[Records from a collection]
§

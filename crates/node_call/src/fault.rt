ghost use Rattle.std.specs.Prelude.{◌≡◌};
ghost use Rattle.node_call.specs.Fault.{code_of, fault_name};
ghost use Rattle.node_call.specs.declared.fault.LockFault.TheVariants.{Memory};

use node_events::StepFault;
use std::alloc::{AllocError, AllocFailed};
use thiserror::Error;

/// Why a call of a node under its lock was refused. It prints as the name of the refusal.
#[derive(Debug, Drop, Error, PartialEq, Eq)]
#[error("{}", self.name())]
pub enum LockFault {
    /// The refusal of the node's step. It is never 99.
    Step(StepFault),
    /// 30: a call of the device failed, which stops the node.
    Device,
    /// 33: the file would be too long.
    FileFull,
    /// 34: the node is stopped.
    Stopped,
    /// 51: the journal has as many entries as it may, or the life as many steps as are counted.
    JournalFull,
    /// 52: there is no seat left.
    NoSeat,
    /// 54: not all seats that are out were handed in.
    SeatsMissing,
    /// 55: the limit of the journal is out of range.
    BadLimit,
    /// 99: an allocation was refused.
    Memory,
}

impl LockFault {
    /// Returns the number of the refusal, as programs print it.
    pub fn code(&self) -> u16
        ensures { result ≡ code_of self.now }
    {
        match self {
            LockFault::Step(fault) => fault.code(),
            LockFault::Device => 30,
            LockFault::FileFull => 33,
            LockFault::Stopped => 34,
            LockFault::JournalFull => 51,
            LockFault::NoSeat => 52,
            LockFault::SeatsMissing => 54,
            LockFault::BadLimit => 55,
            LockFault::Memory => 99,
        }
    }

    /// Returns the name of the refusal, as programs print it.
    pub fn name(&self) -> &'static str
        ensures { result.now ≡ fault_name self.now }
    {
        match self {
            LockFault::Step(fault) => fault.name(),
            LockFault::Device => "Device",
            LockFault::FileFull => "FileFull",
            LockFault::Stopped => "Stopped",
            LockFault::JournalFull => "JournalFull",
            LockFault::NoSeat => "NoSeat",
            LockFault::SeatsMissing => "SeatsMissing",
            LockFault::BadLimit => "BadLimit",
            LockFault::Memory => "Memory",
        }
    }
}

impl From<AllocError> for LockFault {
    ghost from_gives = { λ _ fault. fault ≡ Memory };

    fn from(_error: AllocError) -> Self {
        LockFault::Memory
    }
}

impl<T: Drop> From<AllocFailed<T>> for LockFault {
    ghost from_gives = { λ _ fault. fault ≡ Memory };

    fn from(_error: AllocFailed<T>) -> Self {
        LockFault::Memory
    }
}

impl From<StepFault> for LockFault {
    ghost use Rattle.node_call.specs.Fault.{of_step};

    ghost from_gives = { λ step fault. fault ≡ of_step step };

    fn from(fault: StepFault) -> Self {
        match fault {
            StepFault::Memory => LockFault::Memory,
            fault => LockFault::Step(fault),
        }
    }
}
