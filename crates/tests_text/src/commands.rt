//! Runs of the command `run`, explained or not: exit statuses, what is written, and what is printed
//! at standard error; and what is printed there of a file that can't be opened.

use crate::devices::{Device, End, Feed};
use plumctl_core::{NoProgress, Progress, run_scenario, tell_unopened};
use std::alloc::Global;
use std::io::ErrorKind;
use std::sync::atomic::{AtomicU64, Ordering};
use streams::MayFail;

/// A run: its text, and how the reader goes on after it; for how many bytes the writer has room;
/// the exit status, what is written, what an explained run writes, and what is printed at standard
/// error.
struct Run {
    text: &'static [u8],
    end: End,
    room: usize,
    status: u8,
    output: &'static [u8],
    explained: &'static [u8],
    told: &'static [u8],
}

static RUNS: [Run; 18] = [
    Run {
        text: b"nodes 1\n",
        end: End::Over,
        room: 200,
        status: 0,
        output: b"ok\n",
        explained: b"  1: nodes 1\nok\n",
        told: b"",
    },
    Run {
        text: b"\n# two nodes\n nodes 2\njoin 1 0\n",
        end: End::Over,
        room: 200,
        status: 0,
        output: b"ok\nok\nframe 1 JOIN 1 0\n",
        explained: b"  3:  nodes 2\nok\n  4: join 1 0\nok\nframe 1 JOIN 1 0\n  on their way: 1\n",
        told: b"",
    },
    Run {
        text: b"nodes 1\nput 0 a/b/k x\nrestart 0 0\n",
        end: End::Over,
        room: 200,
        status: 0,
        output: b"ok\nwrote ctx 0.1:1\nok\n",
        explained: b"  1: nodes 1\nok\n  2: put 0 a/b/k x\nwrote ctx 0.1:1\n\
\x20 node 0 shows a/b/k ctx 0.1:1 values x\n  3: restart 0 0\nok\n\x20 node 0 shows a/b/k ctx - values -\n",
        told: b"",
    },
    Run {
        text: b"nonsense\n",
        end: End::Over,
        room: 200,
        status: 1,
        output: b"error 70 BadLine 1\n",
        explained: b"error 70 BadLine 1\n",
        told: b"line 1: nonsense\nthe first command is nodes COUNT; COUNT is 1 to 16\n",
    },
    Run {
        text: b"nodes 1\nput 0 a/b x\n",
        end: End::Over,
        room: 200,
        status: 1,
        output: b"error 70 BadLine 2\n",
        explained: b"error 70 BadLine 2\n",
        told: b"line 2: put 0 a/b x\n\
wanted: put N KEY VALUE [stamp S] [read R]; a/b is wrong: KEY is as a/b/k, of letters, digits, . _ and -\n",
    },
    Run {
        text: b"nodes 1\nget 0 a/b/k\n",
        end: End::Over,
        room: 200,
        status: 1,
        output: b"error 70 BadLine 2\n",
        explained: b"error 70 BadLine 2\n",
        told: b"line 2: get 0 a/b/k\nno such command\n",
    },
    Run {
        text: b"nodes 1\n\tputs 0\tx\xC3\nputs 0 x\n",
        end: End::Over,
        room: 200,
        status: 1,
        output: b"error 70 BadLine 2\n",
        explained: b"error 70 BadLine 2\n",
        told: b"line 2: \tputs 0\tx?\nthe line has a tab: words are separated by spaces alone\n",
    },
    Run {
        text: b"nodes 1\nputs 0 x\n",
        end: End::Over,
        room: 200,
        status: 1,
        output: b"error 70 BadLine 2\n",
        explained: b"error 70 BadLine 2\n",
        told: b"line 2: puts 0 x\nno such command; did you mean put?\n",
    },
    Run {
        text: b"nodes 1\nshwo 0 a/b/k\n",
        end: End::Over,
        room: 200,
        status: 1,
        output: b"error 70 BadLine 2\n",
        explained: b"error 70 BadLine 2\n",
        told: b"line 2: shwo 0 a/b/k\n\
no such command; did you mean show?\n",
    },
    Run {
        text: b"nodes 1\nput 0 a/b/k red car\n",
        end: End::Over,
        room: 200,
        status: 1,
        output: b"error 70 BadLine 2\n",
        explained: b"error 70 BadLine 2\n",
        told: b"line 2: put 0 a/b/k red car\n\
wanted: put N KEY VALUE [stamp S] [read R]; car is too many\n",
    },
    Run {
        text: b"nodes 1\nwatch 0 a/b\n",
        end: End::Over,
        room: 200,
        status: 1,
        output: b"error 70 BadLine 2\n",
        explained: b"error 70 BadLine 2\n",
        told: b"line 2: watch 0 a/b\n\
wanted: watch N PREFIX CAP; a word is missing: a number has 1 to 20 digits, and is below 2^64\n",
    },
    Run {
        text: b"nodes 1\nresolve 0 a/b/k lwww\n",
        end: End::Over,
        room: 200,
        status: 1,
        output: b"error 70 BadLine 2\n",
        explained: b"error 70 BadLine 2\n",
        told: b"line 2: resolve 0 a/b/k lwww\n\
wanted: resolve N KEY lww|largest; lwww is wrong: a resolver is lww or largest\n",
    },
    Run {
        text: b"nodes 1\ndel 0 a/b/k stamp x\n",
        end: End::Over,
        room: 200,
        status: 1,
        output: b"error 70 BadLine 2\n",
        explained: b"error 70 BadLine 2\n",
        told: b"line 2: del 0 a/b/k stamp x\n\
wanted: del N KEY [stamp S] [read R]; stamp is wrong: a number follows it\n",
    },
    Run {
        text: b"nodes 1\nroot 0\r\n",
        end: End::Over,
        room: 200,
        status: 1,
        output: b"error 70 BadLine 2\n",
        explained: b"error 70 BadLine 2\n",
        told: b"line 2: root 0?\n\
the line ends with a carriage return: end lines with a line feed alone\n",
    },
    Run {
        text: b"\xEF\xBB\xBFnodes 1\n",
        end: End::Over,
        room: 200,
        status: 1,
        output: b"error 70 BadLine 1\n",
        explained: b"error 70 BadLine 1\n",
        told: b"line 1: ???nodes 1\n\
the line begins with a byte order mark: save the text without one\n",
    },
    Run {
        text: b"nodes 1\nroot 0\nnodes 1\n",
        end: End::Over,
        room: 200,
        status: 1,
        output: b"error 70 BadLine 3\n",
        explained: b"error 70 BadLine 3\n",
        told: b"line 3: nodes 1\n\
wanted: nodes COUNT, once, as the first command\n",
    },
    Run {
        text: b"nodes 1\n",
        end: End::Fails(ErrorKind::Other),
        room: 100,
        status: 3,
        output: b"",
        explained: b"",
        told: b"error 7 Read\n",
    },
    Run {
        text: b"nodes 1\n",
        end: End::Over,
        room: 0,
        status: 3,
        output: b"",
        explained: b"",
        told: b"error: the output could not be written\n",
    },
];

/// Returns whether a run ends, writes and reports as is wanted.
fn is_run(alloc: Global, run: &Run, explain: bool) -> bool {
    let mut reader = MayFail(Feed {
        end: run.end,
        ..Feed::new(run.text)
    });
    let output = if explain { run.explained } else { run.output };
    let mut writer = MayFail(Device {
        room: run.room,
        ..Device::new(output)
    });
    let mut errors = MayFail(Device::new(run.told));
    let status = run_scenario(
        alloc,
        &mut reader,
        &mut writer,
        &mut errors,
        explain,
        &NoProgress,
    );
    let written = writer.0.is_right & writer.0.wanted.is_empty();
    let told = errors.0.is_right & errors.0.wanted.is_empty();
    (status == run.status) & written & told
}

#[test]
fn each_run_ends_with_its_status_and_tells_its_fault(rt: HostRuntime) {
    for run in &RUNS {
        assert!(rt; is_run(rt.alloc(), run, false));
        assert!(rt; is_run(rt.alloc(), run, true));
    }
}

#[test]
fn a_file_that_is_not_there_is_told_with_its_name(rt: HostRuntime) {
    let mut errors = MayFail(Device::new(b"error 7 Read\ncause: /no?where ~: not found\n"));
    let status = tell_unopened(&mut errors, "/no\nwhere ~", ErrorKind::NotFound);
    assert!(rt; (status == 3) & errors.0.is_right & errors.0.wanted.is_empty());
}

/// How many lines were announced, and the numbers of those that were reached, as digits of one
/// number.
#[derive(Drop)]
struct Seen {
    lines: AtomicU64,
    reached: AtomicU64,
}

impl Progress for Seen {
    fn begin(&self, lines: u64) {
        self.lines.store(lines, Ordering::SeqCst);
    }

    fn reach(&self, line: u64) {
        let before = self.reached.load(Ordering::SeqCst);
        let after = before.saturating_mul(10).saturating_add(line);
        self.reached.store(after, Ordering::SeqCst);
    }
}

/// Returns what is seen of a run.
fn seen_of(alloc: Global, text: &[u8], explain: bool) -> (u64, u64) {
    let seen = Seen {
        lines: AtomicU64::new(0),
        reached: AtomicU64::new(0),
    };
    let mut reader = text;
    let mut writer = Vec::new(alloc);
    let mut errors = Vec::new(alloc);
    let _ = run_scenario(alloc, &mut reader, &mut writer, &mut errors, explain, &seen);
    (
        seen.lines.load(Ordering::SeqCst),
        seen.reached.load(Ordering::SeqCst),
    )
}

#[test]
fn each_line_with_a_command_is_reached(rt: HostRuntime) {
    let text = b"# a\nnodes 1\n\n  # b\nroot 0\nroot 0\n\n";
    assert!(rt; seen_of(rt.alloc(), text, false) == (7, 256));
    assert!(rt; seen_of(rt.alloc(), text, true) == (7, 256));
    let text = b"nodes 1\nroot 0\nputs 0\nroot 0";
    assert!(rt; seen_of(rt.alloc(), text, false) == (4, 0));
}
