//! What a batch stores is put into the file, before the batch is kept.

ghost use Rattle.std.specs.Prelude.{◌≡◌, ◌≢◌, ◌≤◌, [], All, None, true, false, length, map, IfOk, IfErr, OnOk, OnErr};
ghost use Rattle.std.specs.FinMap.{find};
ghost use Rattle.meta_types.specs.Order.{key_cmp};
ghost use Rattle.devices.specs.Device.{LeavesOnly};
ghost use Rattle.meta_store.specs.Table.{IsHeld};
ghost use Rattle.node_file.specs.Batch.{NoneOrAll, most_batch};
ghost use Rattle.node_file.specs.Clean.{row_record};
ghost use Rattle.node_file.specs.File.{file_state};
ghost use Rattle.node_call.specs.Stored.{HasFileRoomFor, HasStoredAll, IsOfSameLife, IsStillWhole, IsStoredOf, RefusesStoringAll, stored_rows};

use devices::Device;
use meta_store::Store;
use node_file::{BatchFault, FileFault, NewObject, NodeFile};
use node_readers::Published;
use std::alloc::{AllocError, Global};

/// Puts all objects of these changes into the file, or none. The keys are held in the store.
/// Refused as `NodeFile::append_all` is.
pub fn store_all<D: Device>(
    alloc: Global,
    file: &mut NodeFile<D>,
    changes: &[Published],
    store: &Store,
) -> Result<(), BatchFault>
    requires going { file.old.is_stopped ≡ false }
    requires served { file.old.is_served ≡ true }
    requires within { IsStoredOf store.now
        (file_state (D.content file.old.device)).contents.table }
    requires few { length changes.now ≤ most_batch }
    requires held { All (λ c. find key_cmp c.key store.now ≢ None) changes.now }
    ensures stored { OnOk result
        (HasStoredAll D.content D.may_leave changes.now file.old file.new) }
    ensures file_room { OnOk result (HasFileRoomFor file.old.gate changes.now) }
    ensures going { OnOk result (file.new.is_stopped ≡ false) }
    ensures refused { IfErr result (RefusesStoringAll file.old.gate changes.now
        (D.failed file.old.device) (D.failed file.new.device) file.new) }
    ensures whole { OnErr result (IsStillWhole D.content D.may_leave file.old file.new) }
    ensures any_moment { LeavesOnly D.moment D.left_since file.old.device file.new.device
        (NoneOrAll (D.content file.old.device) (map row_record (stored_rows changes.now))) }
    ensures whose { IsOfSameLife file.old file.new }
{
    // (for its type)
    let _ = file.device();
    let _ = store.len();
    match objects_of(alloc, changes) {
        Ok(objects) => file.append_all(alloc, objects.as_slice()),
        Err(AllocError) => Err(BatchFault::File(FileFault::Memory)),
    }
}

/// Returns the objects of the changes, which are lent.
fn objects_of<'a>(alloc: Global, changes: &'a [Published]) -> Result<Vec<NewObject<'a>>, AllocError>
    ensures rows { IfOk result (λ objects. objects.items ≡ stored_rows changes.now) }
    ensures held { OnOk result (All (λ c. IsHeld c.object) changes.now) }
    ensures some { OnErr result (changes.now ≢ []) }
{
    let mut objects = Vec::new(alloc);
    for change in changes {
        objects.push(NewObject::new(change.key(), change.object()))?;
    }
    Ok(objects)
}
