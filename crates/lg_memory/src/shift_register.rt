//! What a triggered shift register holds.

ghost use Rattle.std.specs.Prelude.{◌≡◌, ◌+◌, ◌≤◌, ◌∷◌, length};
ghost use Rattle.std.specs.Bool.{OnTrue};
ghost use Rattle.lg_memory.specs.Inputs.{word_at};
ghost use Rattle.lg_memory.specs.ShiftRegister.{shifted, load_bit, shift_words};

use crate::inputs::bit_at;
use lg_value::{Bit, Word};
use sqlite_items::Items;

// Where the data of the first stage stand among the inputs.
const FIRST_DATA: usize = 5;

// The stages load, hold or shift in place.
pub fn shift_words(parallel: bool, stages: &mut Items<Word>, inputs: &[Word])
    requires si { 1 ≤ length inputs.now }
    requires sh { 1 ≤ length (word_at inputs.now 1) }
    requires ld { OnTrue parallel (1 ≤ length (word_at inputs.now 4)) }
    requires d { OnTrue parallel (length inputs.now ≡ 5 + length stages.old) }
    ensures { stages.new ≡ shift_words parallel stages.old inputs.now }
{
    if parallel && bit_at(inputs, 4) == Bit::One {
        load(stages, &inputs[FIRST_DATA..]);
    } else if bit_at(inputs, 1) != Bit::Zero {
        shift(stages, inputs[0]);
    }
}

fn load(stages: &mut Items<Word>, loaded: &[Word])
    requires { length loaded.now ≡ length stages.old }
    ensures { stages.new ≡ loaded.now }
{
    for stage in 0..loaded.len() {
        stages.set(stage, loaded[stage]);
    }
}

fn shift(stages: &mut Items<Word>, si: Word)
    ensures { stages.new ≡ shifted si stages.old }
{
    let mut carried = si;
    for stage in 0..stages.len() {
        let held = stages.as_slice()[stage];
        stages.set(stage, carried);
        carried = held;
    }
}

§

◆ **YOUR ASSIGNMENT**: Could you find each line in the entries that contains the string "Drop" and copy it?

◆ **WRITTEN SOLUTION**:
#[derive(Debug, Drop, Error, PartialEq, Eq)]
impl<T: Drop> From<AllocFailed<T>> for LockFault {
#[derive(Drop)]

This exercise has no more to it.